Any Floridian facing divorce should speak with an experienced family lawyer to understand how a state court judge is likely to approach property division in the particular marriage if the issue comes before the court. With that understanding as a backdrop, the parties will often negotiate a settlement agreement themselves that includes the terms of property and debt division.
(Property division can also be impacted in divorce if it was dealt with earlier in a valid premarital, also known as a prenuptial agreement or prenup for short, or a postmarital agreement between the parties.)
If the parties do not settle the question in negotiation and the issue ends up before the judge, he or she has to apply state law, which will be summarized here.
Marital versus nonmarital property
The first crucial question is the classification under Florida law of each asset and each debt as marital or nonmarital. Marital property and liabilities are those incurred during the marriage, by either spouse alone or jointly, including wages earned by either while married, even if they were deposited into an account that was not jointly owned.
Broadly, marital property and debt are subject to equitable distribution, which means equally divided unless unequal distribution is justified considering all factors relevant to create equity and justice between the parties, including specific things listed in the statute like contributions to the marriage like care of children and homemaking, marriage duration, recent destruction of assets and others.
Nonmarital property and debts that belong to just one spouse will be assigned to that person alone to keep after the divorce is final. These are defined as those acquired by a person before marriage or received separately as a gift or inheritance (or exchanged for such assets).

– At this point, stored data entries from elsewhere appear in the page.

//! The words at a lifeline.
ghost use Rattle.std.specs.Prelude.{◌≡◌, ◌++◌, OnOk, IfOk};
ghost use Rattle.sequence_chart.specs.Labels.{fields as fields_of, without_node as without_node_of, label_words, label_of};

use crate::words::{before, behind, short_words, write_capped};
use std::alloc::{AllocError, Global};
use text::Text;
use trace_reader::{Said, TraceLine};

/// How many bytes of a label are shown at most.
pub const MAX_LABEL: usize = 46;

/// What stands after the second word of a line.
pub fn fields(line: &[u8]) -> &[u8]
    ensures { result.now ≡ fields_of line.now }
{
    behind(behind(line, b' '), b' ')
}

fn without_node(text: &mut Text, line: &[u8]) -> Result<(), AllocError>
    ensures { OnOk result (text.new ≡ text.old ++ without_node_of line.now) }
{
    text.bytes(before(line, b' '))?;
    text.word(" ")?;
    text.bytes(fields(line))
}

fn write_words(text: &mut Text, line: &[u8], said: &Said) -> Result<(), AllocError>
    ensures { OnOk result (text.new ≡ text.old ++ label_words line.now said.now) }
{
    match said {
        Said::Delivery(_, _) => Ok(()),
        Said::Event(_) => Ok(()),
        Said::Sent(_, _) => Ok(()),
        Said::Act(_, _) => short_words(text, fields(line)),
        Said::Mode(_, _, _) => text.bytes(fields(line)),
        Said::Committed(_) => short_words(text, line),
        Said::Won(_, _) => without_node(text, line),
        Said::Opened(_) => without_node(text, line),
        Said::Dropped(_) => without_node(text, line),
        Said::Replied(_) => without_node(text, line),
        _ => text.bytes(before(line, b' ')),
    }
}

/// What the lifeline of its node shows of a line.
pub fn label(alloc: Global, line: &TraceLine) -> Result<Text, AllocError>
    ensures { IfOk result (λ t. t ≡ label_of line.now) }
{
    let mut words = Text::new(alloc);
    write_words(&mut words, line.text.as_slice(), &line.said)?;
    let mut label = Text::new(alloc);
    write_capped(&mut label, MAX_LABEL, words.as_bytes())?;
    Ok(label)
}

Sounds simple enough, but in practice, property classification can become a highly contested issue, because the law and cases interpreting it are complicated and full of exceptions.

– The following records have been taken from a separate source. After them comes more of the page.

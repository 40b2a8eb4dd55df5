//! The lines of the schedule at the left, with the messages that they hand over.
ghost use Rattle.std.specs.Prelude.{◌≡◌, ◌≤◌, ◌+◌, ◌*◌, ◌++◌, [], length, OnOk, IfOk};
ghost use Rattle.sequence_chart.specs.Elements.{handed, message_words, rule, schedule, event_row, event_row_by, event_row_in};
ghost use Rattle.sequence_chart.specs.Labels.{fields as fields_of};
ghost use Rattle.sequence_chart.specs.Messages.{message_at};
ghost use Rattle.sequence_chart.specs.Rows.{first_cursor, walk, y_of as y_of_row};
ghost use Rattle.sequence_chart.specs.Words.{capped, short_words as short_words_of};

use crate::escaping::write_escaped;
use crate::labels::fields;
use crate::marks::{write_place, write_title};
use crate::messages::{Origin, message};
use crate::rows::{Cursor, MAX_LINES, y_of};
use crate::words::{behind, short_words, write_capped};
use std::alloc::{AllocError, Global};
use text::Text;
use trace_reader::{Said, TraceLine};

/// How many bytes are shown of a line of the schedule, and of the message after it.
pub const MAX_EVENT: usize = 40;

// The words of a message after its ends.
fn short_text(alloc: Global, line: &[u8]) -> Result<Text, AllocError>
    ensures { IfOk result (λ t. t ≡ capped 40 (short_words_of (fields_of line.now))) }
{
    let mut words = Text::new(alloc);
    short_words(&mut words, fields(line))?;
    let mut shown = Text::new(alloc);
    write_capped(&mut shown, MAX_EVENT, words.as_bytes())?;
    Ok(shown)
}

// The message with this number, where so many were sent, by its words.
fn message_text(
    alloc: Global,
    origins: &[Origin],
    sent: u32,
    number: u64,
) -> Result<Text, AllocError>
    ensures { IfOk result (λ t. t ≡ message_words (message_at origins.now sent number)) }
{
    match message(origins, sent, number) {
        None => Ok(Text::new(alloc)),
        Some(origin) => short_text(alloc, origin.text.as_slice()),
    }
}

#[tactic(auto, unfolding(crate::specs::Elements::rule))]
fn write_rule(text: &mut Text, y: u64) -> Result<(), AllocError>
    ensures { OnOk result (text.new ≡ text.old ++ rule y) }
{
    text.word("<line class='step' x2='100%' y1='")?;
    text.number(y)?;
    text.word("' y2='")?;
    text.number(y)?;
    text.word("'/>")
}

// A line of the schedule, without its number.
#[tactic(auto, unfolding(crate::specs::Elements::schedule))]
fn write_schedule(text: &mut Text, alloc: Global, y: u64, line: &[u8]) -> Result<(), AllocError>
    ensures { OnOk result (text.new ≡ text.old ++ schedule y line.now) }
{
    let mut shown = Text::new(alloc);
    write_capped(&mut shown, MAX_EVENT, behind(line, b' '))?;
    text.word("<text class='schedule")?;
    write_place(text, 8, y)?;
    text.word(">")?;
    write_title(text, line)?;
    write_escaped(text, shown.as_bytes())
}

#[tactic(auto, unfolding(crate::specs::Elements::handed))]
fn write_handed(text: &mut Text, message: &[u8]) -> Result<(), AllocError>
    ensures { OnOk result (text.new ≡ text.old ++ handed message.now) }
{
    text.word("<tspan class='message'>  ")?;
    write_escaped(text, message)?;
    text.word("</tspan></text>\n")
}

fn write_event_row(
    text: &mut Text,
    alloc: Global,
    row: u32,
    line: &[u8],
    message: &[u8],
) -> Result<(), AllocError>
    ensures { OnOk result (text.new ≡ text.old ++ event_row (y_of_row row) line.now message.now) }
{
    let y = y_of(row);
    write_rule(text, y - 7)?;
    write_schedule(text, alloc, y + 3, line)?;
    write_handed(text, message)
}

fn write_event_row_in(
    text: &mut Text,
    alloc: Global,
    origins: &[Origin],
    cursor: Cursor,
    line: &TraceLine,
) -> Result<(), AllocError>
    ensures { OnOk result (text.new ≡ text.old ++ event_row_in origins.now cursor line.now) }
{
    match &line.said {
        Said::Delivery(_, number) => {
            let message = message_text(alloc, origins, cursor.sent, *number)?;
            write_event_row(
                text,
                alloc,
                cursor.row,
                line.text.as_slice(),
                message.as_bytes(),
            )
        }
        Said::Event(_) => write_event_row(text, alloc, cursor.row, line.text.as_slice(), &[]),
        _ => Ok(()),
    }
}

/// Writes the lines of the schedule, with the messages that they hand over.
pub fn write_event_rows(
    text: &mut Text,
    alloc: Global,
    origins: &[Origin],
    lines: &[TraceLine],
) -> Result<(), AllocError>
    requires { length lines.now ≤ MAX_LINES }
    ensures { OnOk result (text.new ≡ text.old ++ walk (event_row_in origins.now) first_cursor lines.now) }
{
    let mut cursor = Cursor::first();
    for line in lines {
        cursor = cursor.after(&line.said);
        write_event_row_in(text, alloc, origins, cursor, line)?;
    }
    Ok(())
}

// How many characters such a line shows.
fn event_cells(
    alloc: Global,
    origins: &[Origin],
    sent: u32,
    line: &TraceLine,
) -> Result<u32, AllocError>
    ensures { IfOk result (λ c. c ≤ 100) }
{
    let schedule = behind(line.text.as_slice(), b' ').len().min(42);
    match &line.said {
        Said::Delivery(_, number) => {
            let message = message_text(alloc, origins, sent, *number)?;
            Ok((schedule + 2 + message.len().min(42)) as u32)
        }
        Said::Event(_) => Ok(schedule as u32),
        _ => Ok(0),
    }
}

/// How wide these lines are, and some room after them.
pub fn margin(alloc: Global, origins: &[Origin], lines: &[TraceLine]) -> Result<u32, AllocError>
    requires { length lines.now ≤ MAX_LINES }
    ensures { IfOk result (λ c. c ≤ 1000) }
{
    let mut cursor = Cursor::first();
    let mut most: u32 = 0;
    for line in lines {
        cursor = cursor.after(&line.said);
        most = most.max(event_cells(alloc, origins, cursor.sent, line)?);
    }
    Ok(20 + 6 * most)
}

For example, nonmarital funds or income from a nonmarital asset generated during the marriage usually stays nonmarital, unless it was treated as a marital asset, such as by depositing it into a joint account with other marital funds and using the commingled funds for marital expenditures. In this situation, the court may consider the deposited nonmarital asset to have been an interspousal gift that changed its classification to marital.
If a nonmarital asset increases in value during the marriage, the amount of that increase could become marital if the enhancement is because of the efforts of either or both spouses or by the expenditure of marital money. For purposes of determining equitable distribution, the judge would have to decide the amount of the increase in value, which would then be marital and subject to division, from the original part that remains nonmarital and the property of the separate owner.
Valuation matters too
Once assets are characterized as marital or nonmarital, the court must assign a value to each one. Each party may submit evidence such as appraisals or other professional value assessments for the judge’s consideration, which can be difficult especially with complex assets like foreign property, stocks and bonds, executive perks, professional practices, family businesses, retirement accounts like pensions, investments, antiques and collectibles, and other similar kinds of property.
Once values are established, the judge will make the equal division of property between the spouses (or unequal if that is found to be more equitable and just.)
This blog scratches the surface of a highly complex and sometimes adversarial issue in Florida divorce. An attorney can answer questions specific to the property and debt of a particular marriage.